Atom 1 | Atom 2 | Distance (Å) | Distribution (Å) |
---|---|---|---|
P:84:CB | Q:84:CB | 27.20 | 2.50 |
P:96:CB | Q:96:CB | 32.60 | 5.00 |
P:105:CB | Q:105:CB | 15.40 | 3.70 |
P:108:CB | Q:108:CB | 6.20 | 4.40 |
P:112:CB | Q:112:CB | 18.00 | 6.90 |
P:116:CB | Q:116:CB | 17.40 | 3.10 |
P:142:CB | Q:142:CB | 32.10 | 3.10 |
P:199:CB | Q:199:CB | 36.20 | 5.00 |
P:208:CB | Q:208:CB | 47.70 | 13.20 |
P:277:CB | Q:277:CB | 29.80 | 3.40 |
P:290:CB | Q:290:CB | 38.40 | 0.50 |
P:339:CB | Q:339:CB | 14.70 | 0.40 |
P:340:CB | Q:340:CB | 34.60 | 0.80 |
P:341:CB | Q:341:CB | 31.90 | 3.60 |
P:342:CB | Q:342:CB | 24.90 | 1.10 |
P:343:CB | Q:343:CB | 34.00 | 2.30 |
P:344:CB | Q:344:CB | 37.00 | 4.20 |
P:345:CB | Q:345:CB | 35.50 | 6.60 |
The individual monomer chains in the CDB3 homodimer crystal structure display similar, but unique, 3D conformations designated as chains P and Q. Any docking calculation initiated with the unique P and Q conformations is clearly biased and would not provide a critical assessment of our toolkit capabilities. Therefore, we performed a 10ns molecular dynamics simulation for each monomer using a Generalized Born continuum solvation model in AMBER (28). The P and Q monomer backbone conformations were restrained at the crystallographic positions, but side chains were unrestrained. The final snapshots from these two simulations were used as the input monomer structures for all of the docking results reported below.

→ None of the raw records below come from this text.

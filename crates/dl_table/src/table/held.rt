//! Values of a table, held and lent.

ghost use Rattle.std.specs.Prelude.{◌≡◌, ◌-◌, ◌^◌, ◌≤◌, length, min};
ghost use Rattle.dl_table.specs.Held.{cells_held, held_end, pooled, value_held, value_lent};

use std::fmt;
use std::marker::Model;
use std::mem::size_of;

/// A value of a table, lent. Texts are without their zero byte. Section 7.5.5.
#[derive(Clone, Copy, Debug, PartialEq, Eq)]
pub enum ValueRef<'a> {
    Text(&'a [u8]),
    /// An offset into `.debug_line_str`.
    LineStr(u64),
    /// An offset into `.debug_str`.
    Str(u64),
    /// An offset into a supplementary file's strings.
    StrSup(u64),
    Number(u64),
    Block(&'a [u8]),
    Data16([u8; 16]),
}

impl ValueRef<'_> {
    /// How many bytes of a table's pool it takes.
    pub(crate) fn pooled_len(&self) -> usize
        ensures { result ≡ pooled self.now }
    {
        match self {
            ValueRef::Text(bytes) | ValueRef::Block(bytes) => bytes.len(),
            _ => 0,
        }
    }
}

/// A number of 64 bits as eight bytes, which may stand anywhere in memory. So a `StoredValue` takes 17
/// bytes; it would take 24 with a `u64`, whose place has to be a multiple of eight.
#[derive(Drop)]
pub struct Word {
    bytes: [u8; 8],
}

impl Model for Word {
    ghost use Rattle.std.specs.Prelude.{ℕ};
    ghost use Rattle.std.specs.Int.{from_le_bytes, w64};

    ghost Value = { ℕ };

    ghost view = { λ word. from_le_bytes w64 word.bytes };
}

impl Word {
    #[inline(always)]
    pub fn new(number: u64) -> Word
        ensures { result ≡ number }
    {
        Word {
            bytes: number.to_le_bytes(),
        }
    }

    #[inline(always)]
    fn get(&self) -> u64
        ensures { result ≡ self.now }
    {
        u64::from_le_bytes(self.bytes)
    }
}

/// As the number.
impl fmt::Debug for Word {
    fn fmt<W: fmt::Write>(&self, f: &mut fmt::Formatter<W>) -> fmt::Result {
        fmt::Debug::fmt(&self.get(), f)
    }
}

/// Where bytes stand in a table's pool: `len` of them, from `start` on.
#[derive(Debug, Drop)]
pub struct Extent {
    start: Word,
    len: Word,
}

impl Extent {
    ghost use Rattle.std.specs.Prelude.{◌+◌};
    ghost use Rattle.dl_table.specs.Held.{bytes_at};

    #[inline(always)]
    pub fn new(start: usize, len: usize) -> Extent
        ensures { result ≡ record { start = start; len = len } }
    {
        Extent {
            start: Word::new(start as u64),
            len: Word::new(len as u64),
        }
    }

    /// The bytes of the pool that stand there.
    fn of<'a>(&self, pool: &'a [u8]) -> &'a [u8]
        requires { self.now.start + self.now.len ≤ length pool.now }
        ensures { result.now ≡ bytes_at pool.now self.now }
    {
        let start = self.start.get() as usize;
        let len = self.len.get() as usize;
        &pool[start..start + len]
    }
}

/// A value of a table, held; the bytes of texts and blocks stand in the table's pool.
#[derive(Debug, Drop)]
pub enum StoredValue {
    Text(Extent),
    LineStr(Word),
    Str(Word),
    StrSup(Word),
    Number(Word),
    Block(Extent),
    Data16([u8; 16]),
}

const _: () = prove!(size_of::<StoredValue>() == 17);

impl StoredValue {
    /// How many cells it is: itself, and the bytes of a text or block; 2^64 - 1 where there are
    /// more.
    pub fn cells(&self) -> u64
        ensures { result ≡ min (cells_held self.now) (2 ^ 64 - 1) }
    {
        let bytes = match self {
            StoredValue::Text(extent) | StoredValue::Block(extent) => extent.len.get(),
            _ => 0,
        };
        bytes.saturating_add(1)
    }

    /// The value, its bytes lent by the pool.
    pub fn lend<'a>(&self, pool: &'a [u8]) -> ValueRef<'a>
        requires { held_end self.now ≤ length pool.now }
        ensures { value_lent result ≡ value_held pool.now self.now }
    {
        match self {
            StoredValue::Text(extent) => ValueRef::Text(extent.of(pool)),
            StoredValue::LineStr(offset) => ValueRef::LineStr(offset.get()),
            StoredValue::Str(offset) => ValueRef::Str(offset.get()),
            StoredValue::StrSup(offset) => ValueRef::StrSup(offset.get()),
            StoredValue::Number(number) => ValueRef::Number(number.get()),
            StoredValue::Block(extent) => ValueRef::Block(extent.of(pool)),
            StoredValue::Data16(bytes) => ValueRef::Data16(*bytes),
        }
    }
}
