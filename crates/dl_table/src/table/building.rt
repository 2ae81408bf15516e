//! Entries that are added to a table: which values it takes, and how it holds them.

ghost use Rattle.std.specs.Prelude.{◌≡◌, ◌++◌, ◌∷◌, [], ◌+◌, ◌-◌, ◌^◌, ◌<◌, ◌≤◌, length, map, vec_len, vec_capacity};
ghost use Rattle.std.specs.Prelude.{IfSome, IfNone, sum_by};
ghost use Rattle.dl_table.specs.Built.{fits_form, fits_offset, wrong_value as wrong_value_of};
ghost use Rattle.dl_table.specs.Held.{bytes_at, bytes_lent, held_end, values_end, pooled, value_held, value_lent};
ghost use Rattle.dl_table.specs.Value.{data16, number as number_value};
ghost use Rattle.dl_table.specs.Building.{fits_block};

use crate::form::{Form, Format};
use crate::table::Pair;
use crate::table::held::{Extent, StoredValue, ValueRef, Word};

/// The least place at which a value is missing, is too many, or isn't one of its pair's form.
pub fn wrong_value(format: Format, pairs: &[Pair], values: &[ValueRef<'_>]) -> Option<usize>
    ensures { result ≡ wrong_value_of format 0 pairs.now (map value_lent values.now) }
{
    for (place, pair) in pairs.iter().enumerate() {
        let Some(value) = values.get(place) else {
            return Some(place);
        };
        if !is_of_form(format, pair.form, value) {
            return Some(place);
        }
    }
    if values.len() > pairs.len() {
        Some(pairs.len())
    } else {
        None
    }
}

/// Whether the value is one of the form. Sections 7.5.5 and 7.5.6.
fn is_of_form(format: Format, form: Form, value: &ValueRef<'_>) -> bool
    ensures { result ≡ fits_form format form (value_lent value.now) }
{
    match *value {
        ValueRef::Text(bytes) => form == Form::String && !bytes.contains(&0),
        ValueRef::LineStr(offset) => form == Form::LineStrp && is_offset(format, offset),
        ValueRef::Str(offset) => form == Form::Strp && is_offset(format, offset),
        ValueRef::StrSup(offset) => form == Form::StrpSup && is_offset(format, offset),
        ValueRef::Number(number) => is_number_of(form, number),
        ValueRef::Block(bytes) => is_block_of(form, bytes.len() as u64),
        ValueRef::Data16(bytes) => is_sixteen_bytes_of(form, bytes),
    }
}

/// Whether the offset fits the format. Section 7.4.
fn is_offset(format: Format, offset: u64) -> bool
    ensures { result ≡ fits_offset format offset }
{
    match format {
        Format::Dwarf32 => offset < 1 << 32,
        Format::Dwarf64 => true,
    }
}

fn is_number_of(form: Form, number: u64) -> bool
    ensures { (format : Format) → result ≡ fits_form format form (number_value number) }
{
    match form {
        Form::Data1 => number < 1 << 8,
        Form::Data2 => number < 1 << 16,
        Form::Data4 => number < 1 << 32,
        Form::Data8 | Form::Udata => true,
        _ => false,
    }
}

fn is_block_of(form: Form, len: u64) -> bool
    ensures { result ≡ fits_block form len }
{
    match form {
        Form::Block1 => len < 1 << 8,
        Form::Block2 => len < 1 << 16,
        Form::Block4 => len < 1 << 32,
        Form::Block => true,
        _ => false,
    }
}

fn is_sixteen_bytes_of(form: Form, bytes: [u8; 16]) -> bool
    ensures { (format : Format) → result ≡ fits_form format form (data16 bytes) }
{
    form == Form::Data16
}

/// The bytes that the values' texts and blocks take in the pool; None where they are too many to
/// count.
pub fn pooled_len(values: &[ValueRef<'_>]) -> Option<usize>
    ensures some { IfSome result (λ n. n ≡ sum_by pooled values.now) }
    ensures none { IfNone result (2 ^ 64 ≤ sum_by pooled values.now) }
{
    let mut total = 0usize;
    for value in values {
        total = total.checked_add(value.pooled_len())?;
    }
    Some(total)
}

/// Appends the values, for which there is room.
pub fn hold_all(held: &mut Vec<StoredValue>, pool: &mut Vec<u8>, values: &[ValueRef<'_>])
    requires held_room { vec_len held.old + length values.now ≤ vec_capacity held.old }
    requires pool_room { vec_len pool.old + sum_by pooled values.now ≤ vec_capacity pool.old }
    requires within { values_end held.old.items ≤ length pool.old.items }
    ensures within { values_end held.new.items ≤ length pool.new.items }
    ensures values { map (value_held pool.new.items) held.new.items
        ≡ map (value_held pool.old.items) held.old.items ++ map value_lent values.now }
{
    for value in values {
        hold(held, pool, value);
    }
}

/// Appends a value, for which there is room.
#[tactic(auto, using(crate::proofs::HeldLemmas::pushes))]
fn hold(held: &mut Vec<StoredValue>, pool: &mut Vec<u8>, value: &ValueRef<'_>)
    requires held_room { vec_len held.old < vec_capacity held.old }
    requires pool_room { vec_len pool.old + pooled value.now ≤ vec_capacity pool.old }
    requires within { values_end held.old.items ≤ length pool.old.items }
    ensures within { values_end held.new.items ≤ length pool.new.items }
    ensures values { map (value_held pool.new.items) held.new.items
        ≡ map (value_held pool.old.items) held.old.items ++ value_lent value.now ∷ [] }
    ensures held_len { vec_len held.new ≡ vec_len held.old + 1 }
    ensures held_capacity { vec_capacity held.old ≤ vec_capacity held.new }
    ensures pool_len { vec_len pool.new ≡ vec_len pool.old + pooled value.now }
    ensures pool_capacity { vec_capacity pool.old ≤ vec_capacity pool.new }
{
    let next = pool_bytes(pool, value);
    held.push(next).unwrap();
}

/// The value as it is held, its bytes appended to the pool, which has room for them.
fn pool_bytes(pool: &mut Vec<u8>, value: &ValueRef<'_>) -> StoredValue
    requires { vec_len pool.old + pooled value.now ≤ vec_capacity pool.old }
    ensures items { pool.new.items ≡ pool.old.items ++ bytes_lent value.now }
    ensures value { value_held pool.new.items result ≡ value_lent value.now }
    ensures end { held_end result ≤ length pool.new.items }
    ensures len { vec_len pool.new ≡ vec_len pool.old + pooled value.now }
    ensures capacity { vec_capacity pool.old ≤ vec_capacity pool.new }
{
    match *value {
        ValueRef::Text(bytes) => StoredValue::Text(copy(pool, bytes)),
        ValueRef::LineStr(offset) => StoredValue::LineStr(Word::new(offset)),
        ValueRef::Str(offset) => StoredValue::Str(Word::new(offset)),
        ValueRef::StrSup(offset) => StoredValue::StrSup(Word::new(offset)),
        ValueRef::Number(number) => StoredValue::Number(Word::new(number)),
        ValueRef::Block(bytes) => StoredValue::Block(copy(pool, bytes)),
        ValueRef::Data16(bytes) => StoredValue::Data16(bytes),
    }
}

/// Appends bytes to the pool, for which there is room, and answers where they stand.
fn copy(pool: &mut Vec<u8>, bytes: &[u8]) -> Extent
    requires { vec_len pool.old + length bytes.now ≤ vec_capacity pool.old }
    ensures place { bytes_at pool.new.items result ≡ bytes.now }
    ensures end { result.start + result.len ≡ length pool.new.items }
    ensures items { pool.new.items ≡ pool.old.items ++ bytes.now }
    ensures len { vec_len pool.new ≡ vec_len pool.old + length bytes.now }
    ensures capacity { vec_capacity pool.old ≤ vec_capacity pool.new }
{
    let start = pool.len();
    pool.extend_from_slice(bytes).unwrap();
    Extent::new(start, bytes.len())
}
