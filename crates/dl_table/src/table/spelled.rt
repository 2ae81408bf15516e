//! How many bytes a table is, its numbers being the shortest.

ghost use Rattle.std.specs.Prelude.{◌≡◌, ◌-◌, ◌^◌, ◌≤◌, length, map, min};
ghost use Rattle.std.specs.List.{flat_map};
ghost use Rattle.dl_num.specs.declared.fixed.Order.TheVariants.{Little};
ghost use Rattle.dl_num.specs.Shortest.{shortest_uleb};
ghost use Rattle.dl_table.specs.Held.{held_end, table_of, value_held, value_lent, values_end};
ghost use Rattle.dl_table.specs.Value.{data16, number as number_value};
ghost use Rattle.dl_table.specs.Written.{entry_bytes, pair_bytes, table_bytes, value_bytes};
ghost use Rattle.dl_table.specs.Spelled.{block_size};

use crate::form::{Form, Format};
use crate::table::held::{StoredValue, ValueRef};
use crate::table::{Pair, Table, row, whole_rows};
use dl_num::uleb_bytes;

impl Table {
    /// How many bytes the table is in a header that is written; 2^64 - 1 where they are more.
    pub fn spelled_len(&self) -> u64
        ensures { result ≡ min (length (table_bytes Little self.now)) (2 ^ 64 - 1) }
    {
        let entries = rows_len(
            self.format,
            self.pairs.as_slice(),
            self.values.as_slice(),
            self.pool.as_slice(),
        );
        pairs_len(self.pairs.as_slice())
            .saturating_add(uleb_len(self.len() as u64))
            .saturating_add(entries)
            .saturating_add(1)
    }
}

/// How many bytes the shortest spelling of the number is.
fn uleb_len(number: u64) -> u64
    ensures { result ≡ length (shortest_uleb number) }
{
    uleb_bytes(number).len() as u64
}

fn pairs_len(pairs: &[Pair]) -> u64
    ensures { result ≡ min (length (flat_map pair_bytes pairs.now)) (2 ^ 64 - 1) }
{
    let mut len = 0u64;
    for pair in pairs {
        len = len
            .saturating_add(uleb_len(pair.content))
            .saturating_add(uleb_len(u64::from(pair.form.code())));
    }
    len
}

/// How many bytes the rows of values are, one value for each pair.
fn rows_len(format: Format, pairs: &[Pair], values: &[StoredValue], pool: &[u8]) -> u64
    requires { values_end values.now ≤ length pool.now }
    ensures { result ≡ min (length (flat_map (entry_bytes Little format pairs.now)
        (table_of format pairs.now values.now pool.now).entries)) (2 ^ 64 - 1) }
{
    let mut len = 0u64;
    for i in 0..whole_rows(values.len(), pairs.len()) {
        let held = row(values, pairs.len(), i);
        len = len.saturating_add(row_len(format, pairs, held, pool));
    }
    len
}

fn row_len(format: Format, pairs: &[Pair], held: &[StoredValue], pool: &[u8]) -> u64
    requires within { values_end held.now ≤ length pool.now }
    requires whole { length held.now ≡ length pairs.now }
    ensures { result ≡ min (length (entry_bytes Little format pairs.now
        (map (value_held pool.now) held.now))) (2 ^ 64 - 1) }
{
    let mut len = 0u64;
    for (i, pair) in pairs.iter().enumerate() {
        len = len.saturating_add(held_len(format, pair.form, &held[i], pool));
    }
    len
}

fn held_len(format: Format, form: Form, held: &StoredValue, pool: &[u8]) -> u64
    requires { held_end held.now ≤ length pool.now }
    ensures { result ≡ min (length (value_bytes Little format form
        (value_held pool.now held.now))) (2 ^ 64 - 1) }
{
    let value = held.lend(pool);
    value_len(format, form, &value)
}

/// How many bytes the value is in the form; none where it isn't one of the form. Section 7.5.5.
fn value_len(format: Format, form: Form, value: &ValueRef<'_>) -> u64
    ensures { result ≡ min (length (value_bytes Little format form
        (value_lent value.now))) (2 ^ 64 - 1) }
{
    match *value {
        ValueRef::Text(bytes) if form == Form::String => (bytes.len() as u64).saturating_add(1),
        ValueRef::LineStr(_) if form == Form::LineStrp => format.offset_size() as u64,
        ValueRef::Str(_) if form == Form::Strp => format.offset_size() as u64,
        ValueRef::StrSup(_) if form == Form::StrpSup => format.offset_size() as u64,
        ValueRef::Number(number) => number_len(form, number),
        ValueRef::Block(bytes) => block_len(form, bytes.len() as u64),
        ValueRef::Data16(bytes) => sixteen_len(form, bytes),
        _ => 0,
    }
}

fn number_len(form: Form, number: u64) -> u64
    ensures { (format : Format) → result
        ≡ length (value_bytes Little format form (number_value number)) }
{
    match form {
        Form::Data1 => 1,
        Form::Data2 => 2,
        Form::Data4 => 4,
        Form::Data8 => 8,
        Form::Udata => uleb_len(number),
        _ => 0,
    }
}

/// How many bytes a block of this length is with its length.
fn block_len(form: Form, len: u64) -> u64
    ensures { result ≡ min (block_size form len) (2 ^ 64 - 1) }
{
    let before = match form {
        Form::Block1 => 1,
        Form::Block2 => 2,
        Form::Block4 => 4,
        Form::Block => uleb_len(len),
        _ => return 0,
    };
    len.saturating_add(before)
}

fn sixteen_len(form: Form, bytes: [u8; 16]) -> u64
    ensures { (format : Format) → result
        ≡ length (value_bytes Little format form (data16 bytes)) }
{
    if form == Form::Data16 { 16 } else { 0 }
}
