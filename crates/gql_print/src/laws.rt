//! A law of the definitions, the contract of a function that does nothing.

ghost use Rattle.gql_print.specs.Laws.{CanonicalTextsAreEqual};

use gql_terms::Document;

/// Two documents for which texts stand, as for each document that is read, have one canonical text exactly where they
/// are equal.
pub fn canonical_texts_are_equal(a: &Document, b: &Document)
    ensures { CanonicalTextsAreEqual a.now b.now }
{}
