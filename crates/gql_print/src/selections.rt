ghost use Rattle.std.specs.Prelude.{◌≡◌, ◌∷◌, [], ◌++◌, map, OnOk, string_bytes};
ghost use Rattle.gql_print.specs.Words as word;
ghost use Rattle.gql_print.specs.Words.{joined, alias_words, condition_words, dots, selection_words, set_words};
ghost use Rattle.gql_print.specs.Canonical.{spaced};

use crate::values::{put_arguments, put_directives};
use crate::words::put_name;
use flow_base::{Memory, Text};
use gql_terms::Selection;

/// Appends a selection. Recurses once for each level of selection sets.
#[cycle(put_selection)]
fn put_selection(out: &mut String, selection: &Selection) -> Result<(), Memory>
    ensures { OnOk result (string_bytes out.new
        ≡ string_bytes out.old ++ spaced (selection_words selection.now)) }
{
    match selection {
        Selection::Field {
            alias,
            name,
            arguments,
            directives,
            selections,
        } => {
            put_alias(out, alias, name)?;
            put_arguments(out, arguments.as_slice())?;
            put_directives(out, directives.as_slice())?;
            put_set(out, selections.as_slice())?;
        }
        Selection::Spread { name, directives } => {
            put_spread(out, name)?;
            put_directives(out, directives.as_slice())?;
        }
        Selection::Inline {
            on,
            directives,
            selections,
        } => {
            put_condition(out, on)?;
            put_directives(out, directives.as_slice())?;
            put_set(out, selections.as_slice())?;
        }
    }
    Ok(())
}

#[cycle(put_selection)]
fn put_selections(out: &mut String, selections: &[Selection]) -> Result<(), Memory>
    ensures { OnOk result (string_bytes out.new
        ≡ string_bytes out.old ++ spaced (joined (map selection_words selections.now))) }
{
    for i in 0..selections.len() {
        put_selection(out, &selections[i])?;
    }
    Ok(())
}

/// Appends a selection set in braces, or nothing where it is empty.
#[cycle(put_selection)]
pub fn put_set(out: &mut String, selections: &[Selection]) -> Result<(), Memory>
    ensures { OnOk result (string_bytes out.new
        ≡ string_bytes out.old ++ spaced (set_words selections.now)) }
{
    if selections.is_empty() {
        return Ok(());
    }
    out.push_str("{ ")?;
    put_selections(out, selections)?;
    out.push_str("} ")?;
    Ok(())
}

fn put_alias(out: &mut String, alias: &Option<Text>, name: &Text) -> Result<(), Memory>
    ensures { OnOk result (string_bytes out.new
        ≡ string_bytes out.old ++ spaced (alias_words alias.now name.now)) }
{
    if let Some(alias) = alias {
        put_name(out, alias)?;
        out.push_str(": ")?;
    }
    put_name(out, name)?;
    Ok(())
}

fn put_spread(out: &mut String, name: &Text) -> Result<(), Memory>
    ensures { OnOk result (string_bytes out.new
        ≡ string_bytes out.old ++ spaced (dots ∷ (word.name name.now ∷ []))) }
{
    out.push_str("... ")?;
    put_name(out, name)?;
    Ok(())
}

/// Appends the dots of an inline fragment, and its type condition.
fn put_condition(out: &mut String, on: &Option<Text>) -> Result<(), Memory>
    ensures { OnOk result (string_bytes out.new
        ≡ string_bytes out.old ++ spaced (dots ∷ condition_words on.now)) }
{
    out.push_str("... ")?;
    if let Some(on) = on {
        out.push_str("on ")?;
        put_name(out, on)?;
    }
    Ok(())
}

The general protocols we used to dock the CDB3 dimer with TagDock, HADDOCK, and RosettaDock were similar to one another, so that the results can be compared directly. Individual program defaults or previously recommended/published options were used for all calculations. The restraints were implemented as Cβ-Cβ distances, with error bars equal to the experimentally determined distance distributions (Table 1). We generated 10,000 decoys with each program utilizing the experimental restraints, and selected the 200 docking poses that best satisfied the restraints for analysis. We discarded all poses with a restraint penalty greater than one standard deviation above the mean penalty value. This statistical filter is less restrictive than the one we used in the ZDOCK benchmark results described above. This less restrictive filter was necessary in order to retain the best (closest to experiment) models produced by HADDOCK and RosettaDock. This filter cutoff change did not impact TagDock results, as both filters produced the same selection of TagDock decoys. The restraint penalty scores from each program were normalized to the range [0–1], and plotted versus the Cα RMSD to the 1HYN crystal structure. Results for all three docking programs are shown in Figure 3.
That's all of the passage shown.